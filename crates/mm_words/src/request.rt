//! What the program is asked: what `request_of` makes of its words.

/// What is asked about a proof's text and a theorem.
#[derive(Clone, Copy, PartialEq, Eq, Debug)]
pub enum TextQuestion {
    /// Whether the text is the same proof as the theorem's own.
    Same,
    /// Whether it is a proof of the theorem.
    Try,
}

/// A question about the text in the file `proof` and the theorem with a label, in the database in
/// the files with these names.
#[derive(Drop)]
pub struct AskedText<'a> {
    pub question: TextQuestion,
    pub label: &'a str,
    pub proof: &'a str,
    pub names: Vec<&'a str>,
}

/// A question which changes mend the proof of the theorem with a label, in the database in the files
/// with these names.
#[derive(Drop)]
pub struct AskedMend<'a> {
    pub label: &'a str,
    pub names: Vec<&'a str>,
}

/// A question for the assertions that have these patterns, in the database in the files with these
/// names.
#[derive(Drop)]
pub struct AskedPatterns<'a> {
    pub patterns: Vec<&'a str>,
    pub whole: bool,
    pub shape: bool,
    pub hypotheses: bool,
    pub names: Vec<&'a str>,
}

/// A wish for the file with this number among `names`, with lemmas that the database in the files
/// with these names lacks: those on the lines with the numbers `chosen` of a list of so many lemmas
/// at most, `most`, of which each saves so many bytes or more, `least`; or, where no line is chosen,
/// as many of them as make the file smaller. Their labels begin with `prefix`, and the comment before
/// each says `comment`, where that is given.
#[derive(Drop)]
pub struct AskedLemmas<'a> {
    pub file: usize,
    pub most: usize,
    pub least: usize,
    pub chosen: Vec<usize>,
    pub prefix: &'a str,
    pub comment: Option<&'a str>,
    pub names: Vec<&'a str>,
}

/// A question what changed from the database in the files with the names `old` to the one in those
/// with the names `new`.
#[derive(Clone, Copy)]
pub struct AskedVersions<'a> {
    pub old: &'a [&'a str],
    pub new: &'a [&'a str],
}

/// What the program is asked.
#[derive(Drop)]
pub enum Request<'a> {
    /// To print the page of the command with this name, or without one the whole help.
    Help(Option<&'a str>),
    /// To print the version.
    Version,
    /// To explain the rule that these words name, or without any to list all codes.
    Explain(Vec<&'a str>),
    /// To run this command over the database in the files with these names, the top file first.
    Run {
        command: mm_verdict::Command<'a>,
        names: Vec<&'a str>,
    },
    /// To list the assertions that have these patterns.
    Find(AskedPatterns<'a>),
    /// To read a proof's text, and to say what it is to a theorem.
    Text(AskedText<'a>),
    /// To write a file with lemmas that the database lacks, and with its proofs by them.
    LemmaFile(AskedLemmas<'a>),
    /// To tell which changes mend a proof.
    Mend(AskedMend<'a>),
    /// To tell what changed between two versions of a database.
    Diff(AskedVersions<'a>),
}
+-------+
• **What this task involves**
Where a line in the material contains "tell", copy that line.

• **Solution to the problem**
    /// To tell which changes mend a proof.
    /// To tell what changed between two versions of a database.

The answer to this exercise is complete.